Federico Tomasoni

Personal information
- Born: 4 July 1997 (age 28) Castione della Presolana, Italy

Sport
- Sport: Freestyle skiing
- Event: Ski cross

Medal record
Men's freestyle skiing
Representing Italy
Olympic Games
| Silver medal – second place | 2026 Milano Cortina | Ski cross |
World Championships
| Bronze medal – third place | 2023 Bakuriani | Mixed team ski cross |

= Federico Tomasoni =

Italian freestyle skier (born 1997)

Federico Tomasoni (born 4 July 1997) is an Italian freestyle skier who specializes in the ski cross discipline. He represented Italy at the 2026 Winter Olympics, where he won a silver medal in that event.

==Career==
Tomasoni made his first appearance on the international stage on 23 November 2019 in Pitztal, where he finished 30th in the national competition.

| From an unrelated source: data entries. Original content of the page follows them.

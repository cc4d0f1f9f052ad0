//! The order of pages.
ghost use Rattle.std.specs.Prelude.{◌≡◌, map, option_map};
ghost use Rattle.std.specs.Option.{option_cmp};
ghost use Rattle.haya_numbers.specs.Numeric.{csl_order, numeric_view};
ghost use Rattle.haya_numbers.specs.Pages.{part_view, parts};
ghost use Rattle.haya_numbers.specs.PagesOrder.{kind_place, pages_order, part_order};

use crate::{Numeric, PageRanges, PageRangesPart};
use std::cmp::Ordering;

impl PageRanges {
    /// The order of the first parts that differ. Of two that begin alike the shorter is first.
    pub fn csl_cmp(&self, other: &PageRanges) -> Ordering
        ensures { result ≡ pages_order (parts self.now) (parts other.now) }
    {
        let mut left = self.ranges.as_slice();
        let mut right = other.ranges.as_slice();
        'parts: while let (Some((a, left_behind)), Some((b, right_behind))) = (
            left.split_first(),
            right.split_first(),
        ) {
            let order = a.csl_cmp(b);
            if order != Ordering::Equal {
                return order;
            }
            left = left_behind;
            right = right_behind;
        }
        left.len().cmp(&right.len())
    }
}

impl PageRangesPart {
    /// The order of kinds: `Ampersand`, `Comma`, `SinglePage`, `EscapedRange`, `Range`. Two of one
    /// kind go by their starts, and then by their ends.
    pub fn csl_cmp(&self, other: &PageRangesPart) -> Ordering
        ensures { result ≡ part_order (part_view self.now) (part_view other.now) }
    {
        self.kind_place()
            .cmp(&other.kind_place())
            .then(cmp_numbers(self.start(), other.start()))
            .then(cmp_numbers(self.end(), other.end()))
    }

    // The place of the part's kind in their order.
    fn kind_place(&self) -> u8
        ensures { result ≡ kind_place (part_view self.now) }
    {
        match self {
            PageRangesPart::Ampersand => 0,
            PageRangesPart::Comma => 1,
            PageRangesPart::SinglePage(_) => 2,
            PageRangesPart::EscapedRange(_, _) => 3,
            PageRangesPart::Range(_, _) => 4,
        }
    }
}

// The order of two numbers; a missing one is first.
fn cmp_numbers(a: Option<&Numeric>, b: Option<&Numeric>) -> Ordering
    ensures { result ≡ option_cmp csl_order
        (option_map (λ n. numeric_view n.now) a.entry)
        (option_map (λ n. numeric_view n.now) b.entry) }
{
    match (a, b) {
        (None, None) => Ordering::Equal,
        (None, Some(_)) => Ordering::Less,
        (Some(_), None) => Ordering::Greater,
        (Some(a), Some(b)) => a.csl_cmp(b),
    }
}
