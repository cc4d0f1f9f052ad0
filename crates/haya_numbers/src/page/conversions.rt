//! Makes pages of numbers, and copies of pages.
ghost use Rattle.std.specs.Prelude.{◌≡◌, ◌↔◌, ◌<◌, ◌≤◌, ◌^◌, [], ◌∷◌, pos, Err, IfOk, IfErr};
ghost use Rattle.std.specs.Prelude.{MatchResult};
ghost use Rattle.haya_numbers.specs.Pages.{page_of, part_view, parts, FitsPage};

use crate::{Numeric, PageNumberError, PageRanges, PageRangesPart};
use haya_text::{OutOfMemory, TryClone};
use std::alloc::Global;
use std::num::TryFromIntError;

impl From<i32> for PageRangesPart {
    ghost use Rattle.std.specs.Prelude.{◌≡◌};
    ghost use Rattle.haya_numbers.specs.Pages.{page_of, part_view};

    ghost from_gives = { λ n p. part_view p ≡ page_of n };

    /// The page of that number.
    fn from(value: i32) -> PageRangesPart {
        PageRangesPart::SinglePage(Numeric::from(value))
    }
}

impl TryFrom<u32> for PageRangesPart {
    type Error = TryFromIntError;

    ghost try_from_gives = { λ n r. MatchResult r
        (λ p. (n < 2 ^ 31) × (part_view p ≡ page_of (pos n)))
        (λ _. 2 ^ 31 ≤ n) };

    /// The page of that number, unless it is greater than the greatest `i32`.
    fn try_from(value: u32) -> Result<PageRangesPart, TryFromIntError> {
        Ok(PageRangesPart::from(i32::try_from(value)?))
    }
}

impl TryFrom<i64> for PageRangesPart {
    type Error = TryFromIntError;

    ghost try_from_gives = { λ n r. MatchResult r
        (λ p. FitsPage n × (part_view p ≡ page_of n))
        (λ _. FitsPage n → ⊥) };

    /// The page of that number, unless it is no `i32`.
    fn try_from(value: i64) -> Result<PageRangesPart, TryFromIntError> {
        Ok(PageRangesPart::from(i32::try_from(value)?))
    }
}

impl TryFrom<u64> for PageRangesPart {
    type Error = TryFromIntError;

    ghost try_from_gives = { λ n r. MatchResult r
        (λ p. (n < 2 ^ 31) × (part_view p ≡ page_of (pos n)))
        (λ _. 2 ^ 31 ≤ n) };

    /// The page of that number, unless it is greater than the greatest `i32`.
    fn try_from(value: u64) -> Result<PageRangesPart, TryFromIntError> {
        Ok(PageRangesPart::from(i32::try_from(value)?))
    }
}

impl PageRanges {
    /// The page of that number. The only fault is `OutOfMemory`.
    pub fn from_i32(alloc: Global, value: i32) -> Result<PageRanges, PageNumberError>
        ensures page { IfOk result (λ v. parts v ≡ page_of value ∷ []) }
        ensures fault { IfErr result (λ e. e ≡ PageNumberError.OutOfMemory) }
    {
        PageRanges::of_part(alloc, PageRangesPart::from(value))
    }

    /// The page of that number. `OutOfRange` is a number greater than the greatest `i32`.
    pub fn try_from_u32(alloc: Global, value: u32) -> Result<PageRanges, PageNumberError>
        ensures page { IfOk result (λ v. parts v ≡ page_of (pos value) ∷ []) }
        ensures out_of_range { (result ≡ Err PageNumberError.OutOfRange) ↔ (2 ^ 31 ≤ value) }
    {
        match PageRangesPart::try_from(value) {
            Ok(part) => PageRanges::of_part(alloc, part),
            Err(_) => Err(PageNumberError::OutOfRange),
        }
    }

    /// The page of that number. `OutOfRange` is a number that is no `i32`.
    pub fn try_from_i64(alloc: Global, value: i64) -> Result<PageRanges, PageNumberError>
        ensures page { IfOk result (λ v. parts v ≡ page_of value ∷ []) }
        ensures out_of_range { (result ≡ Err PageNumberError.OutOfRange) ↔ (FitsPage value → ⊥) }
    {
        match PageRangesPart::try_from(value) {
            Ok(part) => PageRanges::of_part(alloc, part),
            Err(_) => Err(PageNumberError::OutOfRange),
        }
    }

    /// The page of that number. `OutOfRange` is a number greater than the greatest `i32`.
    pub fn try_from_u64(alloc: Global, value: u64) -> Result<PageRanges, PageNumberError>
        ensures page { IfOk result (λ v. parts v ≡ page_of (pos value) ∷ []) }
        ensures out_of_range { (result ≡ Err PageNumberError.OutOfRange) ↔ (2 ^ 31 ≤ value) }
    {
        match PageRangesPart::try_from(value) {
            Ok(part) => PageRanges::of_part(alloc, part),
            Err(_) => Err(PageNumberError::OutOfRange),
        }
    }

    // This one part.
    fn of_part(alloc: Global, part: PageRangesPart) -> Result<PageRanges, PageNumberError>
        ensures part { IfOk result (λ v. parts v ≡ part_view part ∷ []) }
        ensures fault { IfErr result (λ e. e ≡ PageNumberError.OutOfMemory) }
    {
        let mut ranges = Vec::new(alloc);
        ranges.push(part)?;
        Ok(PageRanges { ranges })
    }

    /// A copy, equal to these pages.
    pub fn try_clone(&self, alloc: Global) -> Result<PageRanges, OutOfMemory>
        ensures { IfOk result (λ copy. parts copy ≡ parts self.now) }
    {
        Ok(PageRanges {
            ranges: self.ranges.try_clone(alloc)?,
        })
    }
}

impl PageRangesPart {
    /// A copy, equal to this part.
    pub fn try_clone(&self, alloc: Global) -> Result<PageRangesPart, OutOfMemory>
        ensures { IfOk result (λ copy. part_view copy ≡ part_view self.now) }
    {
        match self {
            PageRangesPart::Ampersand => Ok(PageRangesPart::Ampersand),
            PageRangesPart::Comma => Ok(PageRangesPart::Comma),
            PageRangesPart::EscapedRange(start, end) => {
                let start = start.try_clone(alloc)?;
                Ok(PageRangesPart::EscapedRange(start, end.try_clone(alloc)?))
            }
            PageRangesPart::SinglePage(page) => {
                Ok(PageRangesPart::SinglePage(page.try_clone(alloc)?))
            }
            PageRangesPart::Range(start, end) => {
                let start = start.try_clone(alloc)?;
                Ok(PageRangesPart::Range(start, end.try_clone(alloc)?))
            }
        }
    }
}

impl TryClone for PageRanges {
    ghost use Rattle.std.specs.Prelude.{List};
    ghost use Rattle.haya_numbers.specs.Pages.{PartView, parts};

    ghost View = { List PartView };

    ghost view = { parts };

    fn try_clone(&self, alloc: Global) -> Result<PageRanges, OutOfMemory> {
        self.try_clone(alloc)
    }
}

impl TryClone for PageRangesPart {
    ghost use Rattle.haya_numbers.specs.Pages.{PartView, part_view};

    ghost View = { PartView };

    ghost view = { part_view };

    fn try_clone(&self, alloc: Global) -> Result<PageRangesPart, OutOfMemory> {
        self.try_clone(alloc)
    }
}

Tomasoni made his World Cup debut on 19 December 2021 in Innichen, where he finished 56th. He scored his first points on 15 January 2022 in Nakiska, finishing 19th.

Tomasoni represented Italy at the 2023 FIS Freestyle Ski World Championships and won a bronze medal in the mixed team ski cross event, along with Jole Galli. In the individual competition, he finished in sixth place.

==Personal life==
Federico Tomasoni was raised at the foot of Mount Presolana and is the son of Battista Tomasoni, who was first a high-level athlete and later became a national instructor.

Tomasoni was in a relationship with ski racer Matilde Lorenzi until her death in October 2024.